Still crashing, here's the backtrace:
ld: /home/nikic/llvm-project/llvm/include/llvm/Support/Casting.h:104: static bool llvm::isa_impl_cl<To, const From*>::doit(const From*) [with To = llvm::Constant; From = llvm::Value]: Assertion `Val && "isa<> used on a null pointer"' failed. Thread 2.1 "ld" received signal SIGABRT, Aborted. [Switching to Thread 0x7ffff7c2e100 (LWP 388814)] __GI_raise (sig=sig@entry=6) at ../sysdeps/unix/sysv/linux/raise.c:50 50 ../sysdeps/unix/sysv/linux/raise.c: No such file or directory. (gdb) bt #0 __GI_raise (sig=sig@entry=6) at ../sysdeps/unix/sysv/linux/raise.c:50 #1 0x00007ffff7c70859 in __GI_abort () at abort.c:79 #2 0x00007ffff7c70729 in __assert_fail_base ( fmt=0x7ffff7e06588 "%s%s%s:%u: %s%sAssertion `%s' failed.\n%n", assertion=0x7ffff49afba0 "Val && \"isa<> used on a null pointer\"", file=0x7ffff49afaa0 "/home/nikic/llvm-project/llvm/include/llvm/Support/Casting.h", line=104, function=<optimized out>) at assert.c:92 #3 0x00007ffff7c81f36 in __GI___assert_fail ( assertion=0x7ffff49afba0 "Val && \"isa<> used on a null pointer\"", file=0x7ffff49afaa0 "/home/nikic/llvm-project/llvm/include/llvm/Support/Casting.h", line=104, function=0x7ffff49afb28 "static bool llvm::isa_impl_cl<To, const From*>::doit(const From*) [with To = llvm::Constant; From = llvm::Value]") at assert.c:101 #4 0x00007ffff1669db7 in llvm::cast_retty<llvm::Constant, llvm::Value*>::ret_type llvm::dyn_cast<llvm::Constant, llvm::Value>(llvm::Value*) () from /home/nikic/llvm-project/build/bin/../lib/LLVMgold.so #5 0x00007ffff43120d9 in SimplifyICmpInst(unsigned int, llvm::Value*, llvm::Value*, llvm::SimplifyQuery const&, unsigned int) () from /home/nikic/llvm-project/build/bin/../lib/LLVMgold.so #6 0x00007ffff3a563d3 in canProveExitOnFirstIteration(llvm::Loop*, llvm::DominatorTree&, llvm::LoopInfo&) () from /home/nikic/llvm-project/build/bin/../lib/LLVMgold.so
It looks like the LHS argument to SimplifyICmpInst is null. I suspect this may be due to reference invalidation, commented inline.

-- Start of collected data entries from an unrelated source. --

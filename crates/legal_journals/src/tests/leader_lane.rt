//! Journals of a leader's lane.

use super::made::{
    Accept, Continue, Finish, HelperClose, HelperOpen, LateAccept, LeaderClose, LeaderFrontOpen,
    LeaderOpen, LeaderOpenTwo, LeaderTask, Start,
};
use super::{Case, JOB, NEXT, first_wrong};
use dap_bytes::{Node, Part};
use std::test::Fail;

const OPENS: [Case; 12] = [
    (
        &[LeaderOpen(2, 1), LeaderOpenTwo(2, 1), LeaderOpenTwo(2, 1)],
        None,
    ),
    (&[LeaderOpenTwo(2, 1), LeaderOpen(2, 1)], Some(1)),
    (&[LeaderOpen(2, 1), LeaderOpenTwo(2, 0)], Some(1)),
    (&[], None),
    (&[LeaderOpen(2, 1), LeaderOpen(2, 1)], None),
    (&[LeaderOpen(16, 1)], None),
    (&[LeaderOpen(17, 1)], Some(0)),
    (&[LeaderOpen(1, 1)], Some(0)),
    (&[LeaderOpen(2, 0)], Some(0)),
    (&[LeaderOpen(2, 1), LeaderOpen(4, 1)], Some(1)),
    (&[Accept(b'v', b'a')], Some(0)),
    (&[LeaderClose(b'v', 0), LeaderOpen(2, 1)], Some(0)),
];

const ACCEPTS: [Case; 4] = [
    (
        &[
            LeaderOpen(2, 1),
            Accept(b'v', b'a'),
            Accept(b'v', b'c'),
            Accept(b'w', b'a'),
        ],
        None,
    ),
    (&[LeaderOpen(2, 1), Accept(b'v', b'b')], Some(1)),
    (
        &[
            LeaderOpen(2, 1),
            Accept(b'v', b'a'),
            Accept(b'v', b'a'),
            Accept(b'v', b'a'),
        ],
        Some(2),
    ),
    (&[LeaderOpen(2, 1), LateAccept(b'v', b'a')], Some(1)),
];

const CONTINUES: [Case; 9] = [
    (
        &[
            LeaderOpen(2, 1),
            Accept(b'v', b'a'),
            Accept(b'v', b'c'),
            Accept(b'w', b'a'),
            Continue(b'v', JOB, b"a"),
            Continue(b'w', NEXT, b"a"),
            LeaderOpen(2, 1),
            Continue(b'v', (1, 2, 0), b"c"),
        ],
        None,
    ),
    (
        &[
            LeaderOpen(2, 1),
            Accept(b'v', b'a'),
            Continue(b'v', (0, 1, 0), b"a"),
        ],
        Some(2),
    ),
    (
        &[
            LeaderOpen(2, 1),
            Accept(b'v', b'a'),
            Continue(b'v', (1, 2, 0), b"a"),
        ],
        Some(2),
    ),
    (
        &[
            LeaderOpen(2, 1),
            Accept(b'v', b'a'),
            Accept(b'v', b'c'),
            Continue(b'v', JOB, b"a"),
            Continue(b'v', JOB, b"c"),
        ],
        Some(4),
    ),
    (
        &[
            LeaderOpen(2, 1),
            Accept(b'v', b'a'),
            Accept(b'w', b'a'),
            Continue(b'v', JOB, b"a"),
            Continue(b'w', JOB, b"a"),
        ],
        Some(4),
    ),
    (
        &[
            LeaderOpen(2, 1),
            Accept(b'v', b'a'),
            Continue(b'v', JOB, b"ac"),
        ],
        Some(2),
    ),
    (
        &[
            LeaderOpen(2, 1),
            Accept(b'w', b'a'),
            Continue(b'v', JOB, b"a"),
        ],
        Some(2),
    ),
    (
        &[
            LeaderOpen(2, 1),
            Accept(b'v', b'a'),
            Accept(b'v', b'c'),
            Continue(b'v', JOB, b"a"),
            Continue(b'v', NEXT, b"ac"),
        ],
        Some(4),
    ),
    (
        &[
            LeaderOpen(2, 1),
            Accept(b'v', b'a'),
            Accept(b'v', b'c'),
            Continue(b'v', JOB, b"ca"),
        ],
        Some(3),
    ),
];

const FINISHES: [Case; 8] = [
    (
        &[
            LeaderOpen(2, 1),
            Accept(b'v', b'a'),
            Accept(b'v', b'c'),
            Continue(b'v', JOB, b"ac"),
            Finish(JOB, b"a", b"c"),
        ],
        None,
    ),
    (&[LeaderOpen(2, 1), Finish(JOB, b"a", b"")], Some(1)),
    (
        &[
            LeaderOpen(2, 1),
            Accept(b'v', b'a'),
            Accept(b'v', b'c'),
            Continue(b'v', JOB, b"ac"),
            Finish(JOB, b"a", b""),
        ],
        Some(4),
    ),
    (
        &[
            LeaderOpen(2, 1),
            Accept(b'v', b'a'),
            Continue(b'v', JOB, b"a"),
            Finish(NEXT, b"a", b""),
        ],
        Some(3),
    ),
    (
        &[
            LeaderOpen(2, 1),
            Accept(b'v', b'a'),
            Continue(b'v', JOB, b"a"),
            Finish((1, 2, 0), b"a", b""),
        ],
        Some(3),
    ),
    (
        &[
            LeaderOpen(2, 1),
            Accept(b'v', b'a'),
            Continue(b'v', JOB, b"a"),
            Finish((0, 1, 0), b"a", b""),
        ],
        Some(3),
    ),
    (
        &[
            LeaderOpen(2, 1),
            Accept(b'v', b'a'),
            Continue(b'v', JOB, b"a"),
            Finish(JOB, b"c", b""),
        ],
        Some(3),
    ),
    (
        &[
            LeaderOpen(2, 1),
            Accept(b'v', b'a'),
            Continue(b'v', JOB, b"a"),
            Finish(JOB, b"a", b""),
            Finish(JOB, b"a", b""),
        ],
        Some(4),
    ),
];

const CLOSES: [Case; 2] = [
    (
        &[
            LeaderOpen(2, 1),
            LeaderClose(b'v', 0),
            LeaderClose(b'v', 60),
            LeaderClose(b'w', 0),
        ],
        None,
    ),
    (
        &[LeaderOpen(2, 1), LeaderClose(b'v', 0), LeaderClose(b'v', 0)],
        Some(2),
    ),
];

/// Records of other parts.
const OTHERS: [Case; 5] = [
    (&[HelperOpen(2, 1)], Some(0)),
    (&[LeaderOpen(2, 1), Start(JOB, b'v', b"a")], Some(1)),
    (&[LeaderOpen(2, 1), HelperClose(b'v', 0)], Some(1)),
    (&[LeaderOpen(2, 1), LeaderFrontOpen(2)], Some(1)),
    (&[LeaderOpen(2, 1), LeaderTask(b'v', 60)], Some(1)),
];

#[test]
fn a_leaders_lane_keeps_its_rules(rt: HostRuntime) -> Result<(), Fail> {
    let alloc = rt.alloc();
    assert_eq!(rt;
        first_wrong(alloc, Node::Leader, Part::Lane(1), &OPENS)?,
        None
    );
    assert_eq!(rt;
        first_wrong(alloc, Node::Leader, Part::Lane(1), &ACCEPTS)?,
        None
    );
    assert_eq!(rt;
        first_wrong(alloc, Node::Leader, Part::Lane(1), &CONTINUES)?,
        None
    );
    assert_eq!(rt;
        first_wrong(alloc, Node::Leader, Part::Lane(1), &FINISHES)?,
        None
    );
    assert_eq!(rt;
        first_wrong(alloc, Node::Leader, Part::Lane(1), &CLOSES)?,
        None
    );
    assert_eq!(rt;
        first_wrong(alloc, Node::Leader, Part::Lane(1), &OTHERS)?,
        None
    );
    Ok(())
}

llvm/lib/Transforms/Scalar/LoopDeletion.cpp | ||
---|---|---|
302 | This acquired a reference to FirstIterValue[&PN], then calls getValueOnFirstIteration() which may invalidate it and then writes to it. |
llvm/lib/Transforms/Scalar/LoopDeletion.cpp | ||
---|---|---|
302 | Wow, that's fishy! Thanks! |
Compile-time with the reference invalidation issue fixed: https://llvm-compile-time-tracker.com/compare.php?from=b5c4fc0f232b6368bbd7cd8681a6931f2c30ad02&to=9bb9b602fd58e6fdd353cdfedec56980a40230c1&stat=instructions Impact is small and without outliers. I think this is as cheap as it gets :)
I was able to catch this bug on our Fuzzer tests, and the fix in the last revision helped.
So, can we go with it now? There is one more CT opportunity here, which is replace of eager phi values propagation with lazy. But last time I tried it it crashed, so I'd prefer it to be a separate patch.
LGTM
llvm/lib/Transforms/Scalar/LoopDeletion.cpp | ||
---|---|---|
190 | Simple dyn_cast<BinaryOperator> seems simpler than going through PatternMatch here? |
Legit clang-tidy warning: If you have a long chain of adds, this is going to blow the stack. Should probably use worklist?